Около 1905 г., оставив Париж, где он занимался живописью (после нескольких лет, проведенных до этого в Мюнхене, в школе Hollosy[915]), Гржебин появился в Петербурге с мыслью основать художественный журнал. Журнал «Мир искусства» Дягилева уже закончил тогда свою огромную культурную миссию и закрылся; образовалось пустое место, которое лишь отчасти заполнялось «Новым путем» и «Весами» (последние издавались в Москве). «Золотого руна» и «Аполлона» тогда еще не было. Но тогдашнее общественное настроение подсказывало Гржебину иной тип журнала[916]. Он мечтал о живом современном органе, который был бы совершенно независимого направления, но с сатирическим оттенком, одинаково при этом «бичующим» как правые, так и левые уродства. Определенной программы, впрочем, не имелось в виду, но, во всяком случае, по первоначальной идее Гржебина это не должен был бы быть только специально карикатурный журнал. В это время он сблизился с Горьким[917], который очень поддерживал его мысль, и летом 1905 г. на даче Горького в Куоккале Гржебин устроил (показав уже этим задатки своих будущих организаторских способностей) «съезд» самых разнообразных по своим взглядам и вкусам деятелей литературы и искусства[918], причем приехали также из Финляндии художники Галлен, Эрнефельд, Энкель и архитектор Сааринен.
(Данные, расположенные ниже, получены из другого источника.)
// What built-in members are used on, and what they do there.
ghost use Rattle.std.specs.Prelude.{◌≡◌};
ghost use Rattle.cad_value_operations.specs.Code.Groups as spec;

use cad_num::Op;
use cad_syntax::Kind;
use cad_types::Builtin;

/// A member of texts.
#[derive(Clone, Copy, Debug, PartialEq, Eq)]
pub enum TextMember {
    Length,
    Bytes,
    Concat,
    Slice,
    /// The bytes that hexadecimal digits tell.
    Decoded,
}

/// A member of numbers.
#[derive(Clone, Copy, Debug, PartialEq, Eq)]
pub enum NumberMember {
    /// As a text.
    Told,
    Bytes,
    /// With another number, in the range of the kind.
    Saturated(Op),
}

/// A member of addresses.
#[derive(Clone, Copy, Debug, PartialEq, Eq)]
pub enum AddressMember {
    /// As a text.
    Told,
    Bytes,
}

/// A built-in member of a value, by what it is used on.
#[derive(Clone, Copy, Debug, PartialEq, Eq)]
pub enum Group {
    /// No member of a value.
    Nothing,
    /// A member of accounts, storage, capabilities or controllers.
    Service,
    /// `uuid` of a resource.
    Identity,
    /// `owner` of a resource.
    Owner,
    /// `account` of a contract.
    Account,
    /// An array in which an element is searched.
    Search,
    /// An array or a dictionary.
    Container,
    Text(TextMember),
    /// A character as a text.
    Character,
    Number(NumberMember),
    Address(AddressMember),
    /// The text that names a type.
    Identifier,
    /// The type of any value.
    OwnType,
    /// Whether any value is of a type.
    Instance,
    /// The number of a case.
    RawValue,
}

/// A built-in function, or a member of a type.
#[derive(Clone, Copy, Debug, PartialEq, Eq)]
pub(crate) enum Called {
    Panic,
    Assert,
    Log,
    Account,
    /// Bytes in hexadecimal digits.
    Encoded,
    /// A text of bytes.
    Read,
    Converted(Kind),
    /// A number that a text writes.
    Parsed(Kind),
    Least(Kind),
    Greatest(Kind),
    /// A case by its number.
    Case,
    Nothing,
}

/// Whether a built-in member is one of arrays or dictionaries that searches no element.
fn is_container(builtin: Builtin) -> bool
    ensures { result ≡ spec.is_container builtin }
{
    matches!(
        builtin,
        Builtin::ArrayLength
            | Builtin::ArrayConcat
            | Builtin::ArraySlice
            | Builtin::ArrayReverse
            | Builtin::ArrayAppend
            | Builtin::ArrayAppendAll
            | Builtin::ArrayInsert
            | Builtin::ArrayRemove
            | Builtin::ArrayRemoveFirst
            | Builtin::ArrayRemoveLast
            | Builtin::DictionaryLength
            | Builtin::DictionaryKeys
            | Builtin::DictionaryValues
            | Builtin::DictionaryContainsKey
            | Builtin::DictionaryInsert
            | Builtin::DictionaryRemove
    )
}

/// Whether a built-in member is one of accounts, their storage or their contracts.
fn is_of_account(builtin: Builtin) -> bool
    ensures { result ≡ spec.is_of_account builtin }
{
    matches!(
        builtin,
        Builtin::AccountAddress
            | Builtin::AccountStorage
            | Builtin::AccountContracts
            | Builtin::AccountCapabilities
            | Builtin::StorageSave
            | Builtin::StorageLoad
            | Builtin::StorageCopy
            | Builtin::StorageBorrow
            | Builtin::StorageCheck
            | Builtin::StorageType
            | Builtin::ContractsAdd
            | Builtin::ContractsUpdate
    )
}

/// Whether a built-in member is one of capabilities.
fn is_of_capability(builtin: Builtin) -> bool
    ensures { result ≡ spec.is_of_capability builtin }
{
    matches!(
        builtin,
        Builtin::CapabilitiesGet
            | Builtin::CapabilitiesBorrow
            | Builtin::CapabilitiesExists
            | Builtin::CapabilitiesPublish
            | Builtin::CapabilitiesUnpublish
            | Builtin::CapabilitiesStorage
            | Builtin::StorageCapabilitiesIssue
            | Builtin::StorageCapabilitiesGetController
            | Builtin::CapabilityId
            | Builtin::CapabilityAddress
            | Builtin::CapabilityBorrow
            | Builtin::CapabilityCheck
    )
}

/// Whether a built-in member is one of controllers of capabilities.
fn is_of_controller(builtin: Builtin) -> bool
    ensures { result ≡ spec.is_of_controller builtin }
{
    matches!(
        builtin,
        Builtin::ControllerCapabilityId
            | Builtin::ControllerBorrowType
            | Builtin::ControllerTag
            | Builtin::ControllerSetTag
            | Builtin::ControllerTarget
            | Builtin::ControllerRetarget
            | Builtin::ControllerDelete
    )
}

/// Whether a built-in member is one of accounts, storage, capabilities or controllers.
fn is_service(builtin: Builtin) -> bool
    ensures { result ≡ spec.is_service builtin }
{
    is_of_account(builtin) || is_of_capability(builtin) || is_of_controller(builtin)
}

/// What a built-in member of anything else is used on.
fn leaf_group(builtin: Builtin) -> Group
    ensures { result ≡ spec.leaf_group builtin }
{
    match builtin {
        Builtin::ArrayContains | Builtin::ArrayFirstIndex => Group::Search,
        Builtin::StringLength => Group::Text(TextMember::Length),
        Builtin::StringUtf8 => Group::Text(TextMember::Bytes),
        Builtin::StringConcat => Group::Text(TextMember::Concat),
        Builtin::StringSlice => Group::Text(TextMember::Slice),
        Builtin::StringDecodeHex => Group::Text(TextMember::Decoded),
        Builtin::CharacterToString => Group::Character,
        Builtin::NumberToString => Group::Number(NumberMember::Told),
        Builtin::NumberToBigEndianBytes => Group::Number(NumberMember::Bytes),
        Builtin::SaturatingAdd => Group::Number(NumberMember::Saturated(Op::Add)),
        Builtin::SaturatingSubtract => Group::Number(NumberMember::Saturated(Op::Sub)),
        Builtin::SaturatingMultiply => Group::Number(NumberMember::Saturated(Op::Mul)),
        Builtin::SaturatingDivide => Group::Number(NumberMember::Saturated(Op::Div)),
        Builtin::AddressToString => Group::Address(AddressMember::Told),
        Builtin::AddressToBytes => Group::Address(AddressMember::Bytes),
        Builtin::GetType => Group::OwnType,
        Builtin::IsInstance => Group::Instance,
        Builtin::TypeIdentifier => Group::Identifier,
        Builtin::EnumRawValue => Group::RawValue,
        Builtin::ResourceUuid => Group::Identity,
        Builtin::ResourceOwner => Group::Owner,
        Builtin::ContractAccount => Group::Account,
        _ => Group::Nothing,
    }
}

/// What a built-in member is used on.
pub fn group_of(builtin: Builtin) -> Group
    ensures { result ≡ spec.group builtin }
{
    if is_container(builtin) {
        Group::Container
    } else if is_service(builtin) {
        Group::Service
    } else {
        leaf_group(builtin)
    }
}

/// The function or member of a type that a built-in one is.
pub(crate) fn called_of(builtin: Builtin) -> Called
    ensures { result ≡ spec.called builtin }
{
    match builtin {
        Builtin::StringEncodeHex => Called::Encoded,
        Builtin::StringFromUtf8 => Called::Read,
        Builtin::NumberConvert(kind) => Called::Converted(kind),
        Builtin::NumberFromString(kind) => Called::Parsed(kind),
        Builtin::NumberMin(kind) => Called::Least(kind),
        Builtin::NumberMax(kind) => Called::Greatest(kind),
        Builtin::EnumFromRawValue => Called::Case,
        Builtin::Panic => Called::Panic,
        Builtin::Assert => Called::Assert,
        Builtin::Log => Called::Log,
        Builtin::GetAccount => Called::Account,
        _ => Called::Nothing,
    }
}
Гржебин, помнится, возлагал на это общение необычайные надежды для будущего.

Несмотря на бесчисленные трудности, скептицизм петербуржцев, поиски будущего издателя и денег, официальные хлопоты и прочее, Гржебин, тогда еще совсем новый человек в художественном и общественном мире, совершил действительно чудо[919], убедив своим пылом и раскачав и объединив в своем порыве даже самых, казалось бы, индифферентных людей, и с этого момента началась его популярность и возникли многие дружеские связи. «Жупел», как был назван журнал, вышел в свет (в конце 1905 г.), хотя и далеко не таким, каким мечталось вначале, но, во всяком случае, очень художественным по внешности — и был первым издательским достижением Гржебина. Судьба журнала известна — на третьем номере он был закрыт; вместо «Жупела» Гржебин успел выпустить три номера «Адской почты», тоже превосходно изданные, но, как редактор, он уже состоял под судом и впоследствии отсидел около 8 месяцев в тюремном заключении[920].

Эта первая большая неудача с журналом, однако, не обескуражила З[иновия] И[саевича]. В это самое время основано было издательство «Шиповник»[921]. Гржебин с новым увлечением взялся за это дело, во главе которого стал, и оно вскоре развилось в одно из крупнейших издательств с очень широкой программой. Необходимость такого издательства в Петербурге в те годы крайне назрела, литература после 1905 г., можно сказать, «выступала из берегов», между тем старые издательства или стояли далеко от новых течений, или, как популярное «Знание», отставали от нового вкуса в книгопечатании. Передовые же московские книгоиздательства, «Гриф», «Скорпион», Сабашникова, Саблина, были или «узкопартийные» или малодоступны. Художественная внешность русской книги к этому моменту достигла исключительного совершенства[922]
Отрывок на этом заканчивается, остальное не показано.